= Your instructions =
Look through the records below for the line with "pub fn to_markdown<B: Allocator>(&self, alloc: B)". Return that line and each one after it up to and including the line with "the whole table.", exactly.

============

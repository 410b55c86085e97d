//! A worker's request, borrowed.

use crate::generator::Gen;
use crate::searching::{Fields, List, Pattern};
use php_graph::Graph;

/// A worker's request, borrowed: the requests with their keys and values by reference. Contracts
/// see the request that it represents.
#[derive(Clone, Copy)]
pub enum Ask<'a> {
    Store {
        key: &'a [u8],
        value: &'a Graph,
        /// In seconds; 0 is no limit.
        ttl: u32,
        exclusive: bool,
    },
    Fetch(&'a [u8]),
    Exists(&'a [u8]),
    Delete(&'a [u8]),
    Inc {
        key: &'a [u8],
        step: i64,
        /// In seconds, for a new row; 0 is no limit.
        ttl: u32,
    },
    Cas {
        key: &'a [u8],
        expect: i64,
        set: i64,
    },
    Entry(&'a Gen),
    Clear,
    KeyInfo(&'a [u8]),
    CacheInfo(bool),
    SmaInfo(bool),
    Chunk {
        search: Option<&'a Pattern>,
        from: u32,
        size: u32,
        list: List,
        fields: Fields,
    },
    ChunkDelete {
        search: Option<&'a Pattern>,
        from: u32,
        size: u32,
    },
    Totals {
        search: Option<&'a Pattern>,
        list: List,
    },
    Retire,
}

============

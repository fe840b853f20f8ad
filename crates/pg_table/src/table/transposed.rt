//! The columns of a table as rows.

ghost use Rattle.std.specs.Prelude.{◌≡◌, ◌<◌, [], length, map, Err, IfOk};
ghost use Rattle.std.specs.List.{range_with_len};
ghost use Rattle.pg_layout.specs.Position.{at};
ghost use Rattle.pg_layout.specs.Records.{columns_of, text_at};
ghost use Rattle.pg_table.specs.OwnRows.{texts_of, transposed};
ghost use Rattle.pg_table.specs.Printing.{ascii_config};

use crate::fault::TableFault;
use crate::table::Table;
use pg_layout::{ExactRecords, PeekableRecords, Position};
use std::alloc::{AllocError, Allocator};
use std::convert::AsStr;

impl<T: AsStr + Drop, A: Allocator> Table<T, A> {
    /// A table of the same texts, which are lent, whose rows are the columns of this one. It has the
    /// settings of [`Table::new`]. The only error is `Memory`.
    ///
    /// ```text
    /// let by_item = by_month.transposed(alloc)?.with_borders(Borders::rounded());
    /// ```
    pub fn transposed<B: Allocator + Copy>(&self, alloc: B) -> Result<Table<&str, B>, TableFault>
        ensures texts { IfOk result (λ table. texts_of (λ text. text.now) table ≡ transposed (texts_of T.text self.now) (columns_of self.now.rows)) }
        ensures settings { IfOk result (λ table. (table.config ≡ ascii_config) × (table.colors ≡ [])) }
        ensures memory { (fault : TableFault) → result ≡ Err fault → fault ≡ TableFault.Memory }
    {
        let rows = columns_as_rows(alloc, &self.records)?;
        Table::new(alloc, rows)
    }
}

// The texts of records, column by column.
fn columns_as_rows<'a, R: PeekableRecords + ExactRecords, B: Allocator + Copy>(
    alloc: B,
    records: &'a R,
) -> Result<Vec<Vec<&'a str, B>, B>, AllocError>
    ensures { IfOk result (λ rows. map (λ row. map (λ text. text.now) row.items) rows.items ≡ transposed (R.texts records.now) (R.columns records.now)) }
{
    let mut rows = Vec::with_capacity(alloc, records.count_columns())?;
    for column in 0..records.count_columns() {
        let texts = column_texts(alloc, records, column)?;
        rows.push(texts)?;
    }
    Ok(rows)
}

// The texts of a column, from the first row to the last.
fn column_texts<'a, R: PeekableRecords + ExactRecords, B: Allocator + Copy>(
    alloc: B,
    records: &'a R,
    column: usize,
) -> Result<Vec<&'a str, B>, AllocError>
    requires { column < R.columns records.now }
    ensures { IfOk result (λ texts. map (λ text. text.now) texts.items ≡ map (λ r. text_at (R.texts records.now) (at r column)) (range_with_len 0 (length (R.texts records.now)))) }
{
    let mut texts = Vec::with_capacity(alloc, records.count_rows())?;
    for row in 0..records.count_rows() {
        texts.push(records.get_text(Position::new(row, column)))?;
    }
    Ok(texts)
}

============

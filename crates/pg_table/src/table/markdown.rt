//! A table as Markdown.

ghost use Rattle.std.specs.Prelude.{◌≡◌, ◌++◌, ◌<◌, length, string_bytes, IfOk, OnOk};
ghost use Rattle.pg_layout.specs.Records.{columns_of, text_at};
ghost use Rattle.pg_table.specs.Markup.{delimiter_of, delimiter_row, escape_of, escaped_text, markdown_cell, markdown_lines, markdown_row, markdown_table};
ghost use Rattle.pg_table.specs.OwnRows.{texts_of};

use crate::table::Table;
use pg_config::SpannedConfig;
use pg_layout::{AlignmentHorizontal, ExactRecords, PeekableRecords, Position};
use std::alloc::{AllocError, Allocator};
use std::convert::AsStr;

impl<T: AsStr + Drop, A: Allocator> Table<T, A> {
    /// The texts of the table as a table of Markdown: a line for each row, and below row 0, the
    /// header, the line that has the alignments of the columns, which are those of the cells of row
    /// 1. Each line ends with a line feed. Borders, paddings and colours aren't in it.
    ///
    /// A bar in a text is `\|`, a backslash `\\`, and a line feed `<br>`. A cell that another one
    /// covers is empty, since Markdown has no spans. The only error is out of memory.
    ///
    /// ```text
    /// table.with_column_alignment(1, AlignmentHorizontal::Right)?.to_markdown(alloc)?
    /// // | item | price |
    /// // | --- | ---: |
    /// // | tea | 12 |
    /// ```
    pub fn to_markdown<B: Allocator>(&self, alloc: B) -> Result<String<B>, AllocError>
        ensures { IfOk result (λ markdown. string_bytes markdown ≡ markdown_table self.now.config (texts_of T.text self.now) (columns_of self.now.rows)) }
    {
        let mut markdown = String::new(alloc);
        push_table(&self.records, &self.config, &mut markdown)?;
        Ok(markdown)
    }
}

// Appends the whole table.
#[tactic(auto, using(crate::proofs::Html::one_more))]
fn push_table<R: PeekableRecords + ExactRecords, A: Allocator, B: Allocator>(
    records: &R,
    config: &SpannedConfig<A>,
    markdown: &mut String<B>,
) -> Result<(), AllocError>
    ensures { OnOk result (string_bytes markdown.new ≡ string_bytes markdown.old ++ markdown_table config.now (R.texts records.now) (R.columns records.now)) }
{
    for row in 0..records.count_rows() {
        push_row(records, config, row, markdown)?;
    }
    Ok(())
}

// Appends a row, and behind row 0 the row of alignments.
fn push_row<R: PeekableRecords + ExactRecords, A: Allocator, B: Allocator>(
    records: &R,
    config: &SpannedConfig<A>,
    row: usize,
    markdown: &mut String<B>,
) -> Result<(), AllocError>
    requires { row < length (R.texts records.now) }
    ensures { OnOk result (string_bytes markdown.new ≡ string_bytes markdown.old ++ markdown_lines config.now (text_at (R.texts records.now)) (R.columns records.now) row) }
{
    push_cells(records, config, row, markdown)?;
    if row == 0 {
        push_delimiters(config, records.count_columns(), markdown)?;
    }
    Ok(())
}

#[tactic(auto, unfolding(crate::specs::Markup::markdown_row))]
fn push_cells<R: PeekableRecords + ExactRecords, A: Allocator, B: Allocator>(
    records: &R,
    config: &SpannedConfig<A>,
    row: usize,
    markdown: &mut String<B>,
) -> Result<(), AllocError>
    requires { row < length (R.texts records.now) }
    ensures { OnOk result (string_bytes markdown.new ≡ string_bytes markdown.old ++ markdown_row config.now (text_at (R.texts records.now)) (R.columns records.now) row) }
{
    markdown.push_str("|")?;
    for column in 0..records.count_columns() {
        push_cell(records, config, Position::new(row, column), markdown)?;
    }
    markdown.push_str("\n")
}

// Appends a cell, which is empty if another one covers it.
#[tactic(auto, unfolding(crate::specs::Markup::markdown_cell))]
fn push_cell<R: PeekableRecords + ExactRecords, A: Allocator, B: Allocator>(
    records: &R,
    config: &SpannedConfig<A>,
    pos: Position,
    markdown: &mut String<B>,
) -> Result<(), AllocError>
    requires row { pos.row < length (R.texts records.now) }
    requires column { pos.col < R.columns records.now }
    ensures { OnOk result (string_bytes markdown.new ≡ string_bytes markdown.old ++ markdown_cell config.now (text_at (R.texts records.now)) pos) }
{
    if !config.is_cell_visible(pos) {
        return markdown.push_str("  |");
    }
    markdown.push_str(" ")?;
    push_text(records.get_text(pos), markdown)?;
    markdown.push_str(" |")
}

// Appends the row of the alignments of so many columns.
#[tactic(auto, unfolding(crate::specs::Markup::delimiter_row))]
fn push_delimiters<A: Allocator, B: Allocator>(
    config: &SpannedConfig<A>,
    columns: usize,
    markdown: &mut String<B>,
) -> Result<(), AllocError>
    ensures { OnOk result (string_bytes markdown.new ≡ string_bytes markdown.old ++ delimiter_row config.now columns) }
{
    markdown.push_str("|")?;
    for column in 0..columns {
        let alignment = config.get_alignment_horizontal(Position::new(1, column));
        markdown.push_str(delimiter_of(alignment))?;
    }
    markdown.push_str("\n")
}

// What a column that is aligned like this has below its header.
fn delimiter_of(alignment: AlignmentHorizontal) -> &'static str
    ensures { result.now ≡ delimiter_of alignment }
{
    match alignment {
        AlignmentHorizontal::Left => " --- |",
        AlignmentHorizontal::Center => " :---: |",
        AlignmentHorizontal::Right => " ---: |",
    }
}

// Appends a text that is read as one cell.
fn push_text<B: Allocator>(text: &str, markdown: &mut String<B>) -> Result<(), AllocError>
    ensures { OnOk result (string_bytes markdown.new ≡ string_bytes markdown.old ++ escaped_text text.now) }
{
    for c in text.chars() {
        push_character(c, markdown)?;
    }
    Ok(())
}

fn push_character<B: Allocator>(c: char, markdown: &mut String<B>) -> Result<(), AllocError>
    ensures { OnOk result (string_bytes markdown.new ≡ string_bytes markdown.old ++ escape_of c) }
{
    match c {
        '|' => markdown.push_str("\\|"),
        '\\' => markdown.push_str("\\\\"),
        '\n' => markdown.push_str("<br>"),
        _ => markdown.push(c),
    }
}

============

= Solution =
    pub fn to_markdown<B: Allocator>(&self, alloc: B) -> Result<String<B>, AllocError>
        ensures { IfOk result (λ markdown. string_bytes markdown ≡ markdown_table self.now.config (texts_of T.text self.now) (columns_of self.now.rows)) }
    {
        let mut markdown = String::new(alloc);
        push_table(&self.records, &self.config, &mut markdown)?;
        Ok(markdown)
    }
}

// Appends the whole table.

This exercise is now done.